++++ Exercise material
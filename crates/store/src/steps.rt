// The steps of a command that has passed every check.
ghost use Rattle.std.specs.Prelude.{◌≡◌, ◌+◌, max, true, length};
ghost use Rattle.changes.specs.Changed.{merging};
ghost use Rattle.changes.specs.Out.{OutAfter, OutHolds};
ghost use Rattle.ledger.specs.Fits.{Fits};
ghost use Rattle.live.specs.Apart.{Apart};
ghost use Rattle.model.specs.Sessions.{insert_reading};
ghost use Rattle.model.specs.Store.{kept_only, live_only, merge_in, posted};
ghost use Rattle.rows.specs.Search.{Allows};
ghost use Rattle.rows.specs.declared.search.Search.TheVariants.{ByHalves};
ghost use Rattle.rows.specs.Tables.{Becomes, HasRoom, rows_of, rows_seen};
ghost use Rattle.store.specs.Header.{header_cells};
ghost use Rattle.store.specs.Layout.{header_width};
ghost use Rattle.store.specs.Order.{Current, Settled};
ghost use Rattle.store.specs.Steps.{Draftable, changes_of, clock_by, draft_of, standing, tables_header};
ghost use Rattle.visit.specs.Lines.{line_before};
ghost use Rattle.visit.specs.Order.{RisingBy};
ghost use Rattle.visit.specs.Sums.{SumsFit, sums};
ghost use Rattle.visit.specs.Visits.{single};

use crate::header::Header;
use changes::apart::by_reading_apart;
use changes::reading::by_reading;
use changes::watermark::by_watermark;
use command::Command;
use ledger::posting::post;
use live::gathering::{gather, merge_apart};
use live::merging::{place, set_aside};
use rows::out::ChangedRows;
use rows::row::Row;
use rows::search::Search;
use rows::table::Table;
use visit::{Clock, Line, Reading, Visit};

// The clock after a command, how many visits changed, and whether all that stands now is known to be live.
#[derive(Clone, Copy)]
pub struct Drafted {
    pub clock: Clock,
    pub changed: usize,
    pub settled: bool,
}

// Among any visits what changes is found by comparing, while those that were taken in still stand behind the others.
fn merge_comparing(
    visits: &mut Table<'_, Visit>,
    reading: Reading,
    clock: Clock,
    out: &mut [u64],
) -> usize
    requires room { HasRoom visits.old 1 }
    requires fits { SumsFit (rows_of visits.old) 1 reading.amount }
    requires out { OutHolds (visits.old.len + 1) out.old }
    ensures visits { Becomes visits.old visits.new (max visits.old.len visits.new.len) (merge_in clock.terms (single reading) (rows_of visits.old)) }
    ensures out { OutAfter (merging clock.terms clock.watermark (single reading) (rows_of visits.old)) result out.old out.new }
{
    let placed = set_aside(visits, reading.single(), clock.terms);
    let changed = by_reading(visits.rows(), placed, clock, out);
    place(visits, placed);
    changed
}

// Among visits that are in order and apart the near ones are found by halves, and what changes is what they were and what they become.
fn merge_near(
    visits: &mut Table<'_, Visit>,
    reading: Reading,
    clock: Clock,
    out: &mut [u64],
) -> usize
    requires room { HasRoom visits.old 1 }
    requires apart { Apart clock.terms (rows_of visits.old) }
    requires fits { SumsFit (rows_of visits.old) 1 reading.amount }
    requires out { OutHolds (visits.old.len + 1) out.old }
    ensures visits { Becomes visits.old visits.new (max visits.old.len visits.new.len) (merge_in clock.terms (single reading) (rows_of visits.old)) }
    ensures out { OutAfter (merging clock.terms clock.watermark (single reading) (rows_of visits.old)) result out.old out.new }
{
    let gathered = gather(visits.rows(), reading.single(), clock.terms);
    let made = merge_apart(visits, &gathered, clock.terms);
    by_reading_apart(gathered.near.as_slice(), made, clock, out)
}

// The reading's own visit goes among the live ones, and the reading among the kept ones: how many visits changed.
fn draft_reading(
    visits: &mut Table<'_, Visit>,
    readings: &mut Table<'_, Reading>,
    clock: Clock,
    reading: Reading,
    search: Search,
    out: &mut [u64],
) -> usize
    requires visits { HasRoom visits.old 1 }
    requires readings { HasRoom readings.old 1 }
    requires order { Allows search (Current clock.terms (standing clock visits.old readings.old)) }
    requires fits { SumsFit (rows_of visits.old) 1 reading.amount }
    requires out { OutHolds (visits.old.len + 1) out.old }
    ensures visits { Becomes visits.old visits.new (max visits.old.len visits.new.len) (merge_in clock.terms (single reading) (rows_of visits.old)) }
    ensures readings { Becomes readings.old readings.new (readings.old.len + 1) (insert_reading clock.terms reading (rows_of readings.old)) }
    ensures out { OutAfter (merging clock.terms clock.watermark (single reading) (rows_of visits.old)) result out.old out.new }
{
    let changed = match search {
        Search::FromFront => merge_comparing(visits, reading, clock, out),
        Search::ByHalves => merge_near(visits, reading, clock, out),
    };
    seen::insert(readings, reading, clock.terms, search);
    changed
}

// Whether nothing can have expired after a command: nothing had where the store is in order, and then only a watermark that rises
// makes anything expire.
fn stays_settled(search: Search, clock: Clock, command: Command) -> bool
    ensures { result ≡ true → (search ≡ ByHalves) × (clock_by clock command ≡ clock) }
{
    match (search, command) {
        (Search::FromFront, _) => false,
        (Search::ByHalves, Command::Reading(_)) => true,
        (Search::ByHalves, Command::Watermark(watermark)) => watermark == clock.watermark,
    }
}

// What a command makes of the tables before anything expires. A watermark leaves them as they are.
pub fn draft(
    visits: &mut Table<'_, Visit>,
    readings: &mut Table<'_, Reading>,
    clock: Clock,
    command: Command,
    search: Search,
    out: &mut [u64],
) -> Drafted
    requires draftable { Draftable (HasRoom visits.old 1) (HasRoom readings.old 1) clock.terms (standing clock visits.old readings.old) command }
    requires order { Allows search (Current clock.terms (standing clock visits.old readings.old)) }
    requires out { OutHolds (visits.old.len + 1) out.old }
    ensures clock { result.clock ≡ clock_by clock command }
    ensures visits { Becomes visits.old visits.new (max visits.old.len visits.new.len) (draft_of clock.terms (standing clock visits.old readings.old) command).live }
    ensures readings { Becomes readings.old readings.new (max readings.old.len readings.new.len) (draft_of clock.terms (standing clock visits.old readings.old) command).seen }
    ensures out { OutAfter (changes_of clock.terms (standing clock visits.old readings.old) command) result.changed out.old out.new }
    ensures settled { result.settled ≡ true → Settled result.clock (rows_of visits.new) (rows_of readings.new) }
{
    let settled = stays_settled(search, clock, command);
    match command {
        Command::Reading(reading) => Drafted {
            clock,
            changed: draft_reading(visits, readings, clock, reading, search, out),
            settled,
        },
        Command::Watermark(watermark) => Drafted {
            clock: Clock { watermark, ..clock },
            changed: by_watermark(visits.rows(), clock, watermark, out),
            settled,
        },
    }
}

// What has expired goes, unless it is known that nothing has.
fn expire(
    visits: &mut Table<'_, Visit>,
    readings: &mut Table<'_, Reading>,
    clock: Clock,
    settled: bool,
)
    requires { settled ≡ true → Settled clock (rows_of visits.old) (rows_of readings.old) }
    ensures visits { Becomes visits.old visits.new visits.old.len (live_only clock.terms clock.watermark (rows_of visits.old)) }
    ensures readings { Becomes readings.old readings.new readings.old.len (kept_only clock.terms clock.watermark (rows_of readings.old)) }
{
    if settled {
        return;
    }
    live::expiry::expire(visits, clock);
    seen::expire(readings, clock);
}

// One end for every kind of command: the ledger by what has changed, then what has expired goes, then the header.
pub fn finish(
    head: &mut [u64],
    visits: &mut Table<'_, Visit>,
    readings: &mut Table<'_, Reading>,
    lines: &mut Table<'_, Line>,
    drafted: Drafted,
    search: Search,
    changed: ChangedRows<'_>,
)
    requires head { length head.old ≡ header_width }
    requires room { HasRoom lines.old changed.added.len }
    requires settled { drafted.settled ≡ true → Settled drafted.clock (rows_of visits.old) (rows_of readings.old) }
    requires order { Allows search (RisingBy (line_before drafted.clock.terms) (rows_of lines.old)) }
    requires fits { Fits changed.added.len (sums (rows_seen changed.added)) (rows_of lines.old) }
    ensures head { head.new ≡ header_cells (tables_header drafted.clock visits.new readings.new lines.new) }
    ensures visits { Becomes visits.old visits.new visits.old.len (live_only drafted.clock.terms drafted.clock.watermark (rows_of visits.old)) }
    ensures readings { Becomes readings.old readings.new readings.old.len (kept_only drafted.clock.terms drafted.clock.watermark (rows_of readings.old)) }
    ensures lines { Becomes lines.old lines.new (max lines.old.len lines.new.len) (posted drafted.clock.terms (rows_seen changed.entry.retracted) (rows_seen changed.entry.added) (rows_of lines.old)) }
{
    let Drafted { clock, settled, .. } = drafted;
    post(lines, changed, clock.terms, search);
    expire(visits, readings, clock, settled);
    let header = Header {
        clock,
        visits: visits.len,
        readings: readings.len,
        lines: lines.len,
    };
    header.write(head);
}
++++++++
++++ Exercise material
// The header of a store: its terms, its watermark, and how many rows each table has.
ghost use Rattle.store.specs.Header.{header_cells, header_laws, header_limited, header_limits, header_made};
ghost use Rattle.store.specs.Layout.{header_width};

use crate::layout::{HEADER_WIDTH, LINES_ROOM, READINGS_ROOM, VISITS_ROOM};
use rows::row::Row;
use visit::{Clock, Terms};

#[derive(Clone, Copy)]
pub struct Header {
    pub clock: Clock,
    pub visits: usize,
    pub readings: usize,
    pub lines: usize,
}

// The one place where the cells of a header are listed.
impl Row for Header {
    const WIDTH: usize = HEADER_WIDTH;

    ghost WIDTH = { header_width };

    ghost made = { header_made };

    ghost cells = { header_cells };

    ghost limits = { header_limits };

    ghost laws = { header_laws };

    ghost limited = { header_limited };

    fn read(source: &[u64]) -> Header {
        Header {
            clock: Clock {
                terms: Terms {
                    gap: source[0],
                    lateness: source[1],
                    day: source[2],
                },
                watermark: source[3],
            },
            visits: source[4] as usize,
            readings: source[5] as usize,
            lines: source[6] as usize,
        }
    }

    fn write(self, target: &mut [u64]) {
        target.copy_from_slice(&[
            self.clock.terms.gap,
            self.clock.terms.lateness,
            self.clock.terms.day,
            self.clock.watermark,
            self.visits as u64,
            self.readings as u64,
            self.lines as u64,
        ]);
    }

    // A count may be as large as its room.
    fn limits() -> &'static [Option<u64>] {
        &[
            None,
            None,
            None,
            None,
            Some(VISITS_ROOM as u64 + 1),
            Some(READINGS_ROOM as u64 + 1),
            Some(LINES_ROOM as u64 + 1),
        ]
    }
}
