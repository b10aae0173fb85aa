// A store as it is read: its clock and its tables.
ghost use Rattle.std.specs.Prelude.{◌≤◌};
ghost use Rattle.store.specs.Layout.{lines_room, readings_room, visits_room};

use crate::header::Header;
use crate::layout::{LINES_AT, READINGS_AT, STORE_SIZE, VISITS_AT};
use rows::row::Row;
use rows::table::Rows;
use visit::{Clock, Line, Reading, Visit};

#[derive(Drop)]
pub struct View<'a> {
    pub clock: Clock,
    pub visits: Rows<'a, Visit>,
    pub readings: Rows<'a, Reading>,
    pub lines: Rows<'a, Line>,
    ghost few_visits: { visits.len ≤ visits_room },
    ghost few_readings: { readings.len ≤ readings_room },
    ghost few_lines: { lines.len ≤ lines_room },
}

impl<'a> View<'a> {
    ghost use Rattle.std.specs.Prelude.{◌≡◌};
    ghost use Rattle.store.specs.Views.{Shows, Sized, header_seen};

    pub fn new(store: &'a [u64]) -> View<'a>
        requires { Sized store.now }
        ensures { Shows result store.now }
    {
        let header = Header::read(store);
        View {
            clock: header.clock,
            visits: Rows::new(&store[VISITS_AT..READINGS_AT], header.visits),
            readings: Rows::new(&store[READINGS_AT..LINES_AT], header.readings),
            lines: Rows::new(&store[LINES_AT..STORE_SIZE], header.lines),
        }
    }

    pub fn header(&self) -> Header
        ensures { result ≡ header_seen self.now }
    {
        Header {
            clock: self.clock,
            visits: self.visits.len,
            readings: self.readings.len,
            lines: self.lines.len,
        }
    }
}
++++++++
++++ Exercise material
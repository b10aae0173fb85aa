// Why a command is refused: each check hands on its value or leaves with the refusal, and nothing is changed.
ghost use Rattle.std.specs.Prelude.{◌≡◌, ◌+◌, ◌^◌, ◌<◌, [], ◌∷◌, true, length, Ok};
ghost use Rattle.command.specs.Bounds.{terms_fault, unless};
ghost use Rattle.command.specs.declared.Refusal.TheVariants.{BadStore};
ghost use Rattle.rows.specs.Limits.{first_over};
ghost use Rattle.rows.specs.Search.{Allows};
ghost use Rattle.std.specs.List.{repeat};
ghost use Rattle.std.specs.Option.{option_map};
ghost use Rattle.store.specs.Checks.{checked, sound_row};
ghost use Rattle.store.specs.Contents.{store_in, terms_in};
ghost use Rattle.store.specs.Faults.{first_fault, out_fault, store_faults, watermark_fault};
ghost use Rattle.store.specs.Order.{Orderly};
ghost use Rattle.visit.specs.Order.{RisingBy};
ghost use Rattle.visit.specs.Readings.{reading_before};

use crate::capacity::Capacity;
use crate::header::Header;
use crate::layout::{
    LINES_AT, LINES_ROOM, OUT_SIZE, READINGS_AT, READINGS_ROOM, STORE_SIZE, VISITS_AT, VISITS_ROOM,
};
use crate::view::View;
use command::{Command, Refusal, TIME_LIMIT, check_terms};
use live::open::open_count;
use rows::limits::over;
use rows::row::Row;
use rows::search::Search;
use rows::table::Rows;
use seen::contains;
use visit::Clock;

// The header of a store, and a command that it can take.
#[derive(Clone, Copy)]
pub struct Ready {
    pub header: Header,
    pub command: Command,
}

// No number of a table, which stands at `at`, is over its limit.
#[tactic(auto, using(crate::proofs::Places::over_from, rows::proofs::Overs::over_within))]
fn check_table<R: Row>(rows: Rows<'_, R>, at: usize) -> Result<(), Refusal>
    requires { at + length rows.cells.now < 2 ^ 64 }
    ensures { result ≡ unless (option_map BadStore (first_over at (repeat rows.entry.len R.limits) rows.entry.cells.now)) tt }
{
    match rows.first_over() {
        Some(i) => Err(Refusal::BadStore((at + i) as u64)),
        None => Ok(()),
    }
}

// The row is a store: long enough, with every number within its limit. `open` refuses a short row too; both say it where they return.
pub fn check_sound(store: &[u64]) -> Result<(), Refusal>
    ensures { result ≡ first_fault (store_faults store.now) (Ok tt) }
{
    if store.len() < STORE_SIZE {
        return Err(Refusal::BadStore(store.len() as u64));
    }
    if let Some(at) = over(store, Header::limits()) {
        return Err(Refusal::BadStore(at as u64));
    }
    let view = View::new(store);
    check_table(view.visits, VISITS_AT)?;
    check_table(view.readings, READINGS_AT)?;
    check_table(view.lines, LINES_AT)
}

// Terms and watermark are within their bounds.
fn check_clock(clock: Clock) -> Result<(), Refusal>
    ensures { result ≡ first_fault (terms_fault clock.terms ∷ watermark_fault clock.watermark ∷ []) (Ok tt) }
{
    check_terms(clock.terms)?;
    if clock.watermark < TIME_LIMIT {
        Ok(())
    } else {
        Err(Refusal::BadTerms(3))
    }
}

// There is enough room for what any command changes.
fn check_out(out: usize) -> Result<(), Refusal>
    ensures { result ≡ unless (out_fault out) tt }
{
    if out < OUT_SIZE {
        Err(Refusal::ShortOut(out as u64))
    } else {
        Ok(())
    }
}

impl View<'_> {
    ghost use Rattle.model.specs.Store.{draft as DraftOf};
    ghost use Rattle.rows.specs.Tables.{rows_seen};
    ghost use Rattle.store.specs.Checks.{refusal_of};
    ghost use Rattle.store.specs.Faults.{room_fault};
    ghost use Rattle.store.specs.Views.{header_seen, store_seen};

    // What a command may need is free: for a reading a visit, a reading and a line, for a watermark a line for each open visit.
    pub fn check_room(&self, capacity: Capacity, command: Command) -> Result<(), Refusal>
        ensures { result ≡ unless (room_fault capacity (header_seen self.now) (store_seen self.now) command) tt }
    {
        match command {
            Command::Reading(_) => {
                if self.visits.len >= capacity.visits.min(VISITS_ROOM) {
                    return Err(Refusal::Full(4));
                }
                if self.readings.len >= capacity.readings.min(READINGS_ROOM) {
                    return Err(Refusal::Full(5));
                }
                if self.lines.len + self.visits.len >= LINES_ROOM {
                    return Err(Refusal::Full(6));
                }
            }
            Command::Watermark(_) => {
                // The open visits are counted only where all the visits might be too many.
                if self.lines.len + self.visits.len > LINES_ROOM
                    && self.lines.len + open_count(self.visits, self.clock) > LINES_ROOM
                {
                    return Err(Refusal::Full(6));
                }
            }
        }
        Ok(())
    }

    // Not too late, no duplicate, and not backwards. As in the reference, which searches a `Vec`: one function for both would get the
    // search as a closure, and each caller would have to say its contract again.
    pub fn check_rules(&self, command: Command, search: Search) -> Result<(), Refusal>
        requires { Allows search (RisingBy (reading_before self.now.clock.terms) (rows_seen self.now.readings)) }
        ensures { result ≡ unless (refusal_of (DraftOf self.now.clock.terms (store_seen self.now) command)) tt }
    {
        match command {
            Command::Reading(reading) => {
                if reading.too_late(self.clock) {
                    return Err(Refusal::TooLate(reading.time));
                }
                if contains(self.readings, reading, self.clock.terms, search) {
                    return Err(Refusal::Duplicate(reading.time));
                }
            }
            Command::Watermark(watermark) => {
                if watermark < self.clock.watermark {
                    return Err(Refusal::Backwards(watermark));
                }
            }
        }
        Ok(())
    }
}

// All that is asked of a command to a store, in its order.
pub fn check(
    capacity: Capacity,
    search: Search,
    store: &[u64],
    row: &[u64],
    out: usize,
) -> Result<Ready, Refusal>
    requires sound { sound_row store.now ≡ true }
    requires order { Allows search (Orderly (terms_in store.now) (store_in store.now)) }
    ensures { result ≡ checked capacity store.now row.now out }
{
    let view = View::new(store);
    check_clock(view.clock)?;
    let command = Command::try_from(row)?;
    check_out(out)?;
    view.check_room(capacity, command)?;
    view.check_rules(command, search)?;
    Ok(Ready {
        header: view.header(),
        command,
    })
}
++++++++
■ **Problem details**
Every line in the data that holds the string "posted" should be copied.

■ **Exercise answer**
ghost use Rattle.model.specs.Store.{kept_only, live_only, merge_in, posted};
    ensures lines { Becomes lines.old lines.new (max lines.old.len lines.new.len) (posted drafted.clock.terms (rows_seen changed.entry.retracted) (rows_seen changed.entry.added) (rows_of lines.old)) }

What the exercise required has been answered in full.